SENTINEL: A Fully End-to-End Language-Action Model for Humanoid Whole Body Control
Yuxuan Wang, Haobin Jiang, Shiqing Yao, Ziluo Ding, Zongqing Lu
TL;DR
SENTINEL tackles the challenge of teaching humanoid robots to follow natural language commands through end-to-end language–action mapping, removing intermediate motion representations. It builds a large, language-grounded dataset by using a pretrained whole-body controller to track human motions in simulation and annotating them with text, then trains a transformer-based model with a flow-matching action head to predict action chunks from language and proprioceptive history, complemented by a lightweight residual head for sim-to-real refinement. The approach supports multimodal extensions by translating visual or other sensory inputs into language signals and demonstrates strong language grounding, stable execution in both simulation and real-world deployment on a Unitree G1, and effective zero-shot sim-to-real transfer as well as waypoint navigation. These results suggest a scalable path toward language-driven, general-purpose humanoid control with robust performance under dynamics and perception variations.
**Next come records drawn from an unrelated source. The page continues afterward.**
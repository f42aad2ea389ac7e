//! What is sent of joined files, out of their headers and the marks.

ghost use Rattle.std.specs.Prelude.{◌≡◌, ◌<◌, ◌≤◌, ◌+◌, ◌∷◌, ◌++◌, ◌==◌, if◌then◌else◌, ℕ, List, [], All, Err, IfOk, IsOk, IsTrue, MatchResult, None, OnOk, Some, length, map};
ghost use Rattle.dap_model.specs.Xdr.{bytes_of};
ghost use Rattle.grid_projection.specs.Resolved.{marks_in};
ghost use Rattle.hyperslab_plan.specs.Picked.{count_of};
ghost use Rattle.netcdf_source.specs.Layouts.{element_sizes};
ghost use Rattle.netcdf_source.specs.Mapping.{leaf_variable, leaves_from, records_of};
ghost use Rattle.netcdf_source.specs.declared.header.Variable.{Variable};
ghost use Rattle.dap_model.specs.Cutting.{AreWithin};
ghost use Rattle.dap_types.specs.declared.slabs.Slab.{Slab};
ghost use Rattle.xdr_encode.specs.Costs.{own_slabs};
ghost use Rattle.xdr_encode.specs.Counts.{first_large, slots_counts};
ghost use Rattle.xdr_encode.specs.Wanted.{AreSuited};
ghost use Rattle.join_source.specs.Asked.{JoinedAsk};
ghost use Rattle.join_source.specs.Begun.{HaveBegun};
ghost use Rattle.join_source.specs.Costs.{joined_cost};
ghost use Rattle.join_source.specs.Members.{CanJoin, HaveHeaders, contents_of, joined_contents, lengths_of};
ghost use Rattle.join_source.specs.Pieces.{IsInside, pieces_cost, pieces_xdr};
ghost use Rattle.join_source.specs.Sent.{slots_sent};
ghost use Rattle.join_source.specs.Trees.{joined_tree};
ghost use Rattle.join_source.specs.Wanted.{AreFirst, AreOverOwn, AreOverRecords, AreRecords, IsFound, IsLarge};
ghost use Rattle.join_source.specs.declared.piece.Piece.{Piece};

use crate::cutting::{behind, front_of};
use crate::piece::Piece;
use crate::plans::{plan_of, record_plan, with_first};
use crate::texts::{before_scalar, counts, filler};
use dap_types::{BaseType, Layout, List, Memory, Slab, limits};
use grid_projection::Marks;
use netcdf_source::Header;
use std::alloc::Global;
use xdr_encode::{BodyRefusal, count_within};

/// The most elements of a leaf.
const MOST: u64 = limits::MOST_ELEMENTS;

/// The elements of leaf `number` of those that are sent, where they are few enough. Nothing else is a reason to
/// refuse it.
fn check_count(slabs: &[Slab], number: u32) -> Result<u32, BodyRefusal>
    ensures { MatchResult result (λ count. (count ≡ count_of slabs.now) × (count ≤ 2147483647)) (λ refusal. (refusal ≡ BodyRefusal.TooLarge number) × (2147483647 < count_of slabs.now)) }
{
    let count = count_within(slabs);
    if count > MOST {
        return Err(BodyRefusal::TooLarge { leaf: number });
    }
    Ok(count as u32)
}

/// Puts the pieces of a record variable: its counts, the records of each file that are picked of it, and its filler.
fn push_records(
    alloc: Global,
    pieces: &mut List<Piece>,
    headers: &[Header],
    leaf: u32,
    base: BaseType,
    slabs: &[Slab],
    count: u32,
) -> Result<(), Memory>
    requires ready { (first : Slab) × (rest : List Slab) × (slabs.now ≡ first ∷ rest) × AreOverOwn headers.now leaf first rest }
    requires count { count ≡ count_of slabs.now }
    requires many { length headers.now ≤ 64 }
    ensures pushed { OnOk result ((own : List Piece) × (pieces.new ≡ pieces.old ++ own) × AreOverRecords headers.now leaf base slabs.now own) }
{
    pieces.push(Piece::Text(counts(alloc, base, count)?))?;
    push_each(alloc, pieces, headers, leaf, slabs)?;
    pieces.push(Piece::Text(filler(alloc, base, count)?))
}

/// The records of a file.
fn records_of(header: &Header) -> u32
    requires has { records_of header.now.contents ≡ Some header.now.contents.records }
    requires few { header.now.contents.records ≤ 2147483647 }
    ensures { result ≡ header.now.contents.records }
{
    header.records().unwrap_or(0) as u32
}

/// Puts the elements that are picked of a record variable in each file.
fn push_each(
    alloc: Global,
    pieces: &mut List<Piece>,
    headers: &[Header],
    leaf: u32,
    slabs: &[Slab],
) -> Result<(), Memory>
    requires ready { (first : Slab) × (rest : List Slab) × (slabs.now ≡ first ∷ rest) × AreOverOwn headers.now leaf first rest }
    requires many { length headers.now ≤ 64 }
    ensures pushed { OnOk result ((own : List Piece) × (first : Slab) × (rest : List Slab) × (slabs.now ≡ first ∷ rest) × (pieces.new ≡ pieces.old ++ own) × AreRecords 0 headers.now leaf first rest own) }
{
    let mut left = slabs[0];
    for (k, header) in headers.iter().enumerate() {
        let records = records_of(header);
        let own = with_first(alloc, front_of(&left, records), slabs)?;
        let plan = record_plan(alloc, header, leaf, own.items())?;
        pieces.push(Piece::Elements {
            member: k as u32,
            plan,
        })?;
        left = behind(&left, records);
    }
    Ok(())
}

/// Puts the pieces of a variable without records, which the first file has: its counts, its elements and its filler;
/// or those of a scalar.
fn push_whole(
    alloc: Global,
    pieces: &mut List<Piece>,
    header: &Header,
    leaf: u32,
    base: BaseType,
    slabs: &[Slab],
    count: u32,
) -> Result<(), Memory>
    requires leaf { (v : Variable) × (leaf_variable header.now.contents leaf ≡ Some v) × AreWithin slabs.now (element_sizes header.now.contents v) }
    requires few { count_of slabs.now ≤ 2147483647 }
    requires count { count ≡ count_of slabs.now }
    ensures pushed { OnOk result ((own : List Piece) × (pieces.new ≡ pieces.old ++ own) × AreFirst header.now leaf base slabs.now own) }
{
    let plan = plan_of(alloc, header, leaf, slabs)?;
    if slabs.is_empty() {
        pieces.push(Piece::Text(before_scalar(alloc, base)?))?;
        return pieces.push(Piece::Elements { member: 0, plan });
    }
    pieces.push(Piece::Text(counts(alloc, base, count)?))?;
    pieces.push(Piece::Elements { member: 0, plan })?;
    pieces.push(Piece::Text(filler(alloc, base, count)?))
}

/// The hyperslabs of a leaf with that layout. A scalar has none.
fn cut_slabs<'a>(layout: &Layout, slabs: &'a [Slab]) -> &'a [Slab]
    ensures { result.now ≡ (if length layout.now.steps == 0 then [] else slabs.now) }
{
    if layout.steps.items().is_empty() {
        &slabs[..0]
    } else {
        slabs
    }
}

/// The hyperslabs of a leaf.
fn own_slabs<'a>(header: &Header, leaf: u32, slabs: &'a [Slab]) -> &'a [Slab]
    ensures { (v : Variable) → leaf_variable header.now.contents leaf ≡ Some v → result.now ≡ own_slabs header.now.contents v slabs.now }
{
    match header.layout(leaf) {
        Some(layout) => cut_slabs(layout, slabs),
        None => slabs,
    }
}

/// Puts the pieces of the member with this number, where it is a marked leaf, which is the leaf `number` of those
/// that are sent. Says whether it is one.
fn push_leaf(
    alloc: Global,
    pieces: &mut List<Piece>,
    headers: &[Header],
    marks: &Marks,
    member: u32,
    number: u32,
) -> Result<bool, BodyRefusal>
    requires some { 1 ≤ length headers.now }
    requires many { length headers.now ≤ 64 }
    requires can_join { CanJoin (contents_of headers.now) }
    requires suited { AreSuited (joined_contents (contents_of headers.now)) (marks_in marks.now) }
    ensures found { IfOk result (λ found. (own : List Piece) × (pieces.new ≡ pieces.old ++ own) × IsFound headers.now (marks_in marks.now) member found own) }
    ensures refused { (leaf : ℕ) → result ≡ Err (BodyRefusal.TooLarge leaf) → (leaf ≡ number) × IsLarge (contents_of headers.now) (marks_in marks.now) member }
{
    let first = &headers[0];
    let Some(slabs) = marks.slabs(member) else {
        return Ok(false);
    };
    let Some(base) = first.base(member) else {
        return Ok(false);
    };
    let slabs = own_slabs(first, member, slabs);
    let count = match check_count(slabs, number) {
        Ok(count) => count,
        Err(refusal) => return Err(refusal),
    };
    if first.is_record(member) {
        push_records(alloc, pieces, headers, member, base, slabs, count)?;
    } else {
        push_whole(alloc, pieces, first, member, base, slabs, count)?;
    }
    Ok(true)
}

/// What is sent of joined files, their marked leaves in order.
pub fn marked_pieces(
    alloc: Global,
    headers: &[Header],
    marks: &Marks,
) -> Result<List<Piece>, BodyRefusal>
    requires some { 1 ≤ length headers.now }
    requires many { length headers.now ≤ 64 }
    requires can_join { CanJoin (contents_of headers.now) }
    requires suited { AreSuited (joined_contents (contents_of headers.now)) (marks_in marks.now) }
    ensures text { IfOk result (λ pieces. (files : List (List ℕ)) → HaveHeaders (contents_of headers.now) files →
        pieces_xdr pieces files ≡ bytes_of (slots_sent (joined_contents (contents_of headers.now)) (joined_tree (contents_of headers.now) files) (marks_in marks.now) 1 (leaves_from (joined_contents (contents_of headers.now)) 0 (joined_contents (contents_of headers.now)).variables))) }
    ensures inside { IfOk result (λ pieces. All (IsInside (lengths_of headers.now)) pieces) }
    ensures cost { IfOk result (λ pieces. pieces_cost pieces ≤ joined_cost (contents_of headers.now) (marks_in marks.now)) }
    ensures asks { IfOk result (λ pieces. (files : List (List ℕ)) → HaveHeaders (contents_of headers.now) files → (at put asked : ℕ) → HaveBegun pieces files at put asked → JoinedAsk (contents_of headers.now) (marks_in marks.now) files at put asked) }
    ensures ok { IsOk result → first_large 1 (slots_counts (joined_contents (contents_of headers.now)) (marks_in marks.now) 1 (leaves_from (joined_contents (contents_of headers.now)) 0 (joined_contents (contents_of headers.now)).variables)) ≡ None }
    ensures refused { (leaf : ℕ) → result ≡ Err (BodyRefusal.TooLarge leaf) → first_large 1 (slots_counts (joined_contents (contents_of headers.now)) (marks_in marks.now) 1 (leaves_from (joined_contents (contents_of headers.now)) 0 (joined_contents (contents_of headers.now)).variables)) ≡ Some leaf }
{
    let mut pieces = List::new(alloc);
    let mut sent: u32 = 0;
    for k in 0..headers[0].members() {
        let found = match push_leaf(alloc, &mut pieces, headers, marks, k + 1, sent + 1) {
            Ok(found) => found,
            Err(refusal) => return Err(refusal),
        };
        sent += u32::from(found);
    }
    Ok(pieces)
}
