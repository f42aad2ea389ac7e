ghost use Rattle.std.specs.Prelude.{◌≡◌, ◌≤◌, length};
ghost use Rattle.join_source.specs.Members.{CanJoin, all_records, contents_of};

use dap_types::{Bytes, List};
use netcdf_source::Header;

/// The headers of netCDF files that are joined along the record dimension, in order, and the name of their list.
#[derive(Drop)]
pub struct Joined {
    pub(crate) headers: List<Header>,
    pub(crate) file_name: Bytes,
    /// The records of all files.
    pub(crate) records: u64,
    ghost some: { 1 ≤ length headers },
    ghost many: { length headers ≤ 64 },
    ghost can_join: { CanJoin (contents_of headers) },
    ghost sum: { records ≡ all_records (contents_of headers) },
}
The work establishes SENTINEL as the first fully end-to-end language–action model for humanoid control without intermediate representations, with practical implications for accessible, adaptable robotic systems.
Abstract
Existing humanoid control systems often rely on teleoperation or modular generation pipelines that separate language understanding from physical execution. However, the former is entirely human-driven, and the latter lacks tight alignment between language commands and physical behaviors. In this paper, we present SENTINEL, a fully end-to-end language-action model for humanoid whole-body control. We construct a large-scale dataset by tracking human motions in simulation using a pretrained whole body controller, combined with their text annotations. The model directly maps language commands and proprioceptive inputs to low-level actions without any intermediate representation. The model generates action chunks using flow matching, which can be subsequently refined by a residual action head for real-world deployment. Our method exhibits strong semantic understanding and stable execution on humanoid robots in both simulation and real-world deployment, and also supports multi-modal extensions by converting inputs into texts.